-- What the exercise asks --
Each line of the data must be set down again without a single difference.

[Stored records]
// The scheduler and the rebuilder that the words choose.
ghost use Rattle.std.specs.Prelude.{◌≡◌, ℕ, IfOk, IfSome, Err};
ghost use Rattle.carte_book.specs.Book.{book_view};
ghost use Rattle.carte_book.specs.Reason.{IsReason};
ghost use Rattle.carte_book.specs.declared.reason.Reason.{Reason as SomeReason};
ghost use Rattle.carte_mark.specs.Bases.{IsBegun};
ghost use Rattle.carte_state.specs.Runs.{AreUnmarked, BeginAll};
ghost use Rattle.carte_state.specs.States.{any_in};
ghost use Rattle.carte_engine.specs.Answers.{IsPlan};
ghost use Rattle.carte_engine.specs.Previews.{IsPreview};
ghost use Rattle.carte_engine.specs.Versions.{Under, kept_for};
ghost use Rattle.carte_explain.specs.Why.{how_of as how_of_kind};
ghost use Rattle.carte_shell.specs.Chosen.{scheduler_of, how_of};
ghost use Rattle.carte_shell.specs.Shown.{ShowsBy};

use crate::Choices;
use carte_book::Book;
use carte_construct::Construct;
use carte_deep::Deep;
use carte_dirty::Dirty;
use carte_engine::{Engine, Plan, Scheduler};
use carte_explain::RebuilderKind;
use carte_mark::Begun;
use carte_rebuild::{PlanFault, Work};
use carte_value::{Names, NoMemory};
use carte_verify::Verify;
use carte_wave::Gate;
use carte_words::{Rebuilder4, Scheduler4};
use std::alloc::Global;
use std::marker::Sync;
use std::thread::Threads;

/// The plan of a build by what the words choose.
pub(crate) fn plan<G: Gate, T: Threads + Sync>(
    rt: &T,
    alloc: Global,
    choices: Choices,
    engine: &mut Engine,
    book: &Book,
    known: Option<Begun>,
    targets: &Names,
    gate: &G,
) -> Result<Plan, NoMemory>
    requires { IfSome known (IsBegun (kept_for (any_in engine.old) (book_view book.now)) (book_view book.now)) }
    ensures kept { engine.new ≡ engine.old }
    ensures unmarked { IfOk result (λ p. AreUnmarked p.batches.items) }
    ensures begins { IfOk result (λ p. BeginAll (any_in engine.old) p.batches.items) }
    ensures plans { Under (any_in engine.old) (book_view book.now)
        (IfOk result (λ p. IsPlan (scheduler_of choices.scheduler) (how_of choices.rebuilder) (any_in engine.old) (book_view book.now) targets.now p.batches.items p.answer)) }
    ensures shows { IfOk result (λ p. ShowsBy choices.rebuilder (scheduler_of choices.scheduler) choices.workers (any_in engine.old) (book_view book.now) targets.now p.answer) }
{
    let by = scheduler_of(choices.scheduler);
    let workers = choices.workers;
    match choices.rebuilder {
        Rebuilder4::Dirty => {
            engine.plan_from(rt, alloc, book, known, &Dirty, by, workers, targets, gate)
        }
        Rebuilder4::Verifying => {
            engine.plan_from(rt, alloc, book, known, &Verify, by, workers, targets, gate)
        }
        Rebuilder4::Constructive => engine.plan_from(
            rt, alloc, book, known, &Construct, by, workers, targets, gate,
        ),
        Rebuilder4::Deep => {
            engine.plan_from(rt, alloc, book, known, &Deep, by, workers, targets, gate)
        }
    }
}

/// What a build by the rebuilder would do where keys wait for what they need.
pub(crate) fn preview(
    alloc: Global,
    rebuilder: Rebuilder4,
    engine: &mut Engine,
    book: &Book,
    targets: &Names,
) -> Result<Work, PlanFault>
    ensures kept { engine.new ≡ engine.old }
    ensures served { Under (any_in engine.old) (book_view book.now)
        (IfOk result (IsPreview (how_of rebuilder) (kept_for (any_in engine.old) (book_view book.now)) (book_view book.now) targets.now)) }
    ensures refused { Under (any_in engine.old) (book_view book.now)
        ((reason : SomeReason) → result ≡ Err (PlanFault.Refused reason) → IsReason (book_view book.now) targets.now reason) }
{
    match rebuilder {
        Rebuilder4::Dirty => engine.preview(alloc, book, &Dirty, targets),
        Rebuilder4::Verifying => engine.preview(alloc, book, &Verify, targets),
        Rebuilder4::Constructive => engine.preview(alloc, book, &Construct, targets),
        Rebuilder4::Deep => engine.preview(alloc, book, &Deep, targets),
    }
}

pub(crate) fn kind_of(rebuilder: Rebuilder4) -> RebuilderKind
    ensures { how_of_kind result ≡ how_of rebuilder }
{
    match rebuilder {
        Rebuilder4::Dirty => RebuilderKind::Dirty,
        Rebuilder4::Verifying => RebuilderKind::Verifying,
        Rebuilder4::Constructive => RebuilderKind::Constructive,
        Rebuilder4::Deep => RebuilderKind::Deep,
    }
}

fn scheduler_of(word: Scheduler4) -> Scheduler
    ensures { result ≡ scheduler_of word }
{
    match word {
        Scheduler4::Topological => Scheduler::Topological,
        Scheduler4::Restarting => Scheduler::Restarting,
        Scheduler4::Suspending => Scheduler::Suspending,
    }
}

-- Expected answer --
// The scheduler and the rebuilder that the words choose.
ghost use Rattle.std.specs.Prelude.{◌≡◌, ℕ, IfOk, IfSome, Err};
ghost use Rattle.carte_book.specs.Book.{book_view};
ghost use Rattle.carte_book.specs.Reason.{IsReason};
ghost use Rattle.carte_book.specs.declared.reason.Reason.{Reason as SomeReason};
ghost use Rattle.carte_mark.specs.Bases.{IsBegun};
ghost use Rattle.carte_state.specs.Runs.{AreUnmarked, BeginAll};
ghost use Rattle.carte_state.specs.States.{any_in};
ghost use Rattle.carte_engine.specs.Answers.{IsPlan};
ghost use Rattle.carte_engine.specs.Previews.{IsPreview};
ghost use Rattle.carte_engine.specs.Versions.{Under, kept_for};
ghost use Rattle.carte_explain.specs.Why.{how_of as how_of_kind};
ghost use Rattle.carte_shell.specs.Chosen.{scheduler_of, how_of};
ghost use Rattle.carte_shell.specs.Shown.{ShowsBy};

use crate::Choices;
use carte_book::Book;
use carte_construct::Construct;
use carte_deep::Deep;
use carte_dirty::Dirty;
use carte_engine::{Engine, Plan, Scheduler};
use carte_explain::RebuilderKind;
use carte_mark::Begun;
use carte_rebuild::{PlanFault, Work};
use carte_value::{Names, NoMemory};
use carte_verify::Verify;
use carte_wave::Gate;
use carte_words::{Rebuilder4, Scheduler4};
use std::alloc::Global;
use std::marker::Sync;
use std::thread::Threads;

/// The plan of a build by what the words choose.
pub(crate) fn plan<G: Gate, T: Threads + Sync>(
    rt: &T,
    alloc: Global,
    choices: Choices,
    engine: &mut Engine,
    book: &Book,
    known: Option<Begun>,
    targets: &Names,
    gate: &G,
) -> Result<Plan, NoMemory>
    requires { IfSome known (IsBegun (kept_for (any_in engine.old) (book_view book.now)) (book_view book.now)) }
    ensures kept { engine.new ≡ engine.old }
    ensures unmarked { IfOk result (λ p. AreUnmarked p.batches.items) }
    ensures begins { IfOk result (λ p. BeginAll (any_in engine.old) p.batches.items) }
    ensures plans { Under (any_in engine.old) (book_view book.now)
        (IfOk result (λ p. IsPlan (scheduler_of choices.scheduler) (how_of choices.rebuilder) (any_in engine.old) (book_view book.now) targets.now p.batches.items p.answer)) }
    ensures shows { IfOk result (λ p. ShowsBy choices.rebuilder (scheduler_of choices.scheduler) choices.workers (any_in engine.old) (book_view book.now) targets.now p.answer) }
{
    let by = scheduler_of(choices.scheduler);
    let workers = choices.workers;
    match choices.rebuilder {
        Rebuilder4::Dirty => {
            engine.plan_from(rt, alloc, book, known, &Dirty, by, workers, targets, gate)
        }
        Rebuilder4::Verifying => {
            engine.plan_from(rt, alloc, book, known, &Verify, by, workers, targets, gate)
        }
        Rebuilder4::Constructive => engine.plan_from(
            rt, alloc, book, known, &Construct, by, workers, targets, gate,
        ),
        Rebuilder4::Deep => {
            engine.plan_from(rt, alloc, book, known, &Deep, by, workers, targets, gate)
        }
    }
}

/// What a build by the rebuilder would do where keys wait for what they need.
pub(crate) fn preview(
    alloc: Global,
    rebuilder: Rebuilder4,
    engine: &mut Engine,
    book: &Book,
    targets: &Names,
) -> Result<Work, PlanFault>
    ensures kept { engine.new ≡ engine.old }
    ensures served { Under (any_in engine.old) (book_view book.now)
        (IfOk result (IsPreview (how_of rebuilder) (kept_for (any_in engine.old) (book_view book.now)) (book_view book.now) targets.now)) }
    ensures refused { Under (any_in engine.old) (book_view book.now)
        ((reason : SomeReason) → result ≡ Err (PlanFault.Refused reason) → IsReason (book_view book.now) targets.now reason) }
{
    match rebuilder {
        Rebuilder4::Dirty => engine.preview(alloc, book, &Dirty, targets),
        Rebuilder4::Verifying => engine.preview(alloc, book, &Verify, targets),
        Rebuilder4::Constructive => engine.preview(alloc, book, &Construct, targets),
        Rebuilder4::Deep => engine.preview(alloc, book, &Deep, targets),
    }
}

pub(crate) fn kind_of(rebuilder: Rebuilder4) -> RebuilderKind
    ensures { how_of_kind result ≡ how_of rebuilder }
{
    match rebuilder {
        Rebuilder4::Dirty => RebuilderKind::Dirty,
        Rebuilder4::Verifying => RebuilderKind::Verifying,
        Rebuilder4::Constructive => RebuilderKind::Constructive,
        Rebuilder4::Deep => RebuilderKind::Deep,
    }
}

fn scheduler_of(word: Scheduler4) -> Scheduler
    ensures { result ≡ scheduler_of word }
{
    match word {
        Scheduler4::Topological => Scheduler::Topological,
        Scheduler4::Restarting => Scheduler::Restarting,
        Scheduler4::Suspending => Scheduler::Suspending,
    }
}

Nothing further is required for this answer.